La expulsión de Mascherano acentuó más aun la lucha del Barça, que ejerció de sparring improvisado y aguantó a duras penas los ganchos de un Sevilla que no daba tregua. Si la expulsión del argentino fue significativa, la lesión de Luis Suárez fue demoledora. Las lágrimas del charrúa reflejaban el sentir de los culés. La Copa se veía más lejos que nunca, y el Barça parecía pedir la extremaunción. Pero llegó otra expulsión. La de Banega. El argentino jugó su último partido con la camiseta del Sevilla y se fue del césped de la manera más dramática posible, dejando a los de Emery con diez y dando alas a un Barça que vio el cielo abierto en la prórroga.

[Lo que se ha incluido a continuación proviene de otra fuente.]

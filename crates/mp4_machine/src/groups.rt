//! Groups of bytes on their way through a block.

ghost use Rattle.std.specs.Prelude.{◌≡◌, ℕ, ◌+◌, ◌*◌, ◌≤◌, [], ◌++◌, length, OnOk};
ghost use Rattle.mp4_machine.specs.Blocks.{IsSent};
ghost use Rattle.mp4_machine.specs.Ends.{sent};
ghost use Rattle.mp4_machine.specs.Groups.{waiting_after};
ghost use Rattle.mp4_machine.specs.Puts.{Puts};

use crate::block::{BLOCK_BYTES, Block};
use mp4_ends::{Failed, Sink};

/// So many bytes has a group of those that [`Block::put_groups`] puts.
pub const GROUP_BYTES: usize = 16;

impl Block {
    /// Puts groups of [`GROUP_BYTES`] bytes after those that wait, and what is sent goes out as if each was put by
    /// itself: as many whole groups are put as there is room for, then what waits is sent, and so on.
    #[inline(never)]
    pub fn put_groups<W: Sink>(&mut self, w: &mut W, groups: &[u8]) -> Result<(), Failed>
        ensures puts { Puts (sent W.contents W.has_failed w.old w.new) self.old self.new groups.now
            result }
        ensures waits { (count : ℕ) → length groups.now ≡ GROUP_BYTES * count →
            OnOk result (length self.new.bytes ≡ waiting_after (length self.old.bytes) count) }
    {
        let room = (BLOCK_BYTES - self.waiting.len()) / GROUP_BYTES * GROUP_BYTES;
        if groups.len() <= room {
            self.gather(groups);
            return Ok(());
        }
        let (front, rest) = groups.split_at(room);
        match self.fill(w, front) {
            Ok(()) => {}
            Err(Failed) => return Err(Failed),
        }
        self.put_by_blocks(w, rest)
    }

    /// Puts bytes into a block in which nothing waits, which is sent wherever it is full and more follow.
    fn put_by_blocks<W: Sink>(&mut self, w: &mut W, bytes: &[u8]) -> Result<(), Failed>
        requires { self.old.bytes ≡ [] }
        ensures puts { Puts (sent W.contents W.has_failed w.old w.new) self.old self.new bytes.now
            result }
        ensures waits { (count : ℕ) → length bytes.now ≡ GROUP_BYTES * count →
            OnOk result (length self.new.bytes ≡ waiting_after 0 count) }
    {
        let mut rest = bytes;
        while rest.len() > BLOCK_BYTES {
            let (front, later) = rest.split_at(BLOCK_BYTES);
            match self.fill(w, front) {
                Ok(()) => {}
                Err(Failed) => return Err(Failed),
            }
            rest = later;
        }
        self.gather(rest);
        Ok(())
    }

    /// Puts bytes for which there is room after those that wait.
    #[inline(always)]
    fn gather(&mut self, bytes: &[u8])
        requires { length self.old.bytes + length bytes.now ≤ BLOCK_BYTES }
        ensures { self.new ≡ record self.old { bytes = self.old.bytes ++ bytes.now } }
    {
        self.waiting.push_bytes(bytes);
    }

    /// Puts bytes for which there is room after those that wait, and sends all of them.
    fn fill<W: Sink>(&mut self, w: &mut W, bytes: &[u8]) -> Result<(), Failed>
        requires { length self.old.bytes + length bytes.now ≤ BLOCK_BYTES }
        ensures puts { Puts (sent W.contents W.has_failed w.old w.new) self.old self.new bytes.now
            result }
        ensures sent { OnOk result (IsSent self.new) }
    {
        self.gather(bytes);
        match self.send(w) {
            Ok(()) => Ok(()),
            Err(Failed) => Err(Failed),
        }
    }
}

Los calambres aparecieron. Incluso Del Cerro Grande tuvo que recibir una sesión de fisioterapia express para poder seguir sobre el campo. El Sevilla agotaba sus últimas bocanadas de aire, y fue el Barça el que dio un paso adelante. Iniesta regaló al Calderón una sesión avanzada de fútbol, apta para todos los públicos, guste o no este deporte. El de Fuentealbilla tomó las riendas en el tiempo extra con un repertorio de regates, ruletas y cambios de velocidad, puro Iniesta. Pero fue Messi quien rompió al Sevilla con un pase magistral que voló por encima de la zaga andaluza, y que encontró destinatario en Jordi Alba. El lateral esperó, dejó que el balón botara, y ejecutó al primer toque a Sergio Rico. El meta sevillista estará en la Europa de Francia, y no es para menos. El castigo pudo ser mayor para el Sevilla de no ser por él. Piqué y Alves pudieron matar a un Sevilla que no se desplomó, pero Rico mantuvo el brazo firme hasta el minuto 122, cuando Neymar brindó la Copa al Barça tras una nueva asistencia de Messi.

El Barça sufrió como nunca y ganó como casi siempre. Una hegemonía que dura ya varios lustros. 28 Copas del Rey y 28 títulos en los últimos 15 años. Del triplete al doblete, “una temporada acojonante”.